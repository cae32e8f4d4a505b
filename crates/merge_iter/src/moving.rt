//! Moves of the inputs of a merge.

ghost use Rattle.std.specs.Prelude.{◌≡◌, ◌<◌, Option, None, Some, IfSome, length, if◌then◌else◌};
ghost use Rattle.merge_iter.specs.Moves.{Went, AllWent, Moved, Searched, Sought, Each, Of};
ghost use Rattle.merge_iter.specs.Told as told;
ghost use Rattle.merge_iter.specs.declared.step.Step.TheVariants as steps;

use crate::step::Step;
use peb_base::{Cursor, Number, ReadFault};

/// Goes one entry on with a cursor, and from no place to its first one.
pub fn go_on<C: Cursor>(input: &mut C) -> Result<(), ReadFault>
    ensures { Went C.Cursor steps.Next input.old input.new result }
{
    if input.at().is_none() {
        return input.first();
    }
    input.next()
}

/// Goes one entry back with a cursor, and from no place to its last one.
fn go_back<C: Cursor>(input: &mut C) -> Result<(), ReadFault>
    ensures { Went C.Cursor steps.Previous input.old input.new result }
{
    if input.at().is_none() {
        return input.last();
    }
    input.prev()
}

/// Makes a step with a cursor.
fn go<C: Cursor>(input: &mut C, step: Step) -> Result<(), ReadFault>
    ensures { Went C.Cursor step input.old input.new result }
{
    match step {
        Step::First => input.first(),
        Step::Last => input.last(),
        Step::Next => go_on(input),
        Step::Previous => go_back(input),
    }
}

/// Makes a step with each cursor, in their order, up to the first that refuses.
fn send_all<C: Cursor>(inputs: &mut Vec<C>, step: Step) -> Result<(), ReadFault>
    ensures { AllWent C.Cursor
        (Each (Moved C.Cursor step)) inputs.old.items inputs.new.items result }
{
    for k in 0..inputs.len() {
        go(&mut inputs[k], step)?;
    }
    Ok(())
}

/// Makes a step with the cursor at a place, or with each.
pub fn send<C: Cursor>(
    inputs: &mut Vec<C>,
    only: Option<usize>,
    step: Step,
) -> Result<(), ReadFault>
    requires { IfSome only (λ place. place < length inputs.old.items) }
    ensures { AllWent C.Cursor
        (Of (Moved C.Cursor step) only) inputs.old.items inputs.new.items result }
{
    let Some(place) = only else {
        return send_all(inputs, step);
    };
    go(&mut inputs[place], step)
}

/// The first refusal among the cursors' last moves.
pub fn first_refusal<C: Cursor>(inputs: &[C]) -> Option<ReadFault>
    ensures { result ≡ told.first_refusal C.Cursor inputs.now }
{
    for i in 0..inputs.len() {
        if let Some(fault) = inputs[i].fault() {
            return Some(fault);
        }
    }
    None
}

/// Seeks a key and number with one cursor.
fn seek_with<C: Cursor>(input: &mut C, key: &[u8], number: Number) -> Result<(), ReadFault>
    ensures { Searched C.Cursor key.now number input.old input.new result }
{
    input.seek(key, number)
}

/// Seeks a key and number with each cursor, in their order, up to the first that refuses.
pub fn seek_all<C: Cursor>(inputs: &mut Vec<C>, key: &[u8], number: Number) -> Result<(), ReadFault>
    ensures { AllWent C.Cursor
        (Each (Sought C.Cursor key.now number)) inputs.old.items inputs.new.items
        result }
{
    for k in 0..inputs.len() {
        seek_with(&mut inputs[k], key, number)?;
    }
    Ok(())
}

/// The one input that a step moves, the current one, or None for all of them where the walk turns.
pub fn moved_input(place: usize, turns: bool) -> Option<usize>
    ensures { result ≡ (if turns then None else Some place) }
{
    if turns {
        return None;
    }
    Some(place)
}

◆ PROBLEM TO SOLVE ◆
Tell how many lines in the data include the string "from". Reply with the number and no other text.

◆ REPLY ◆
2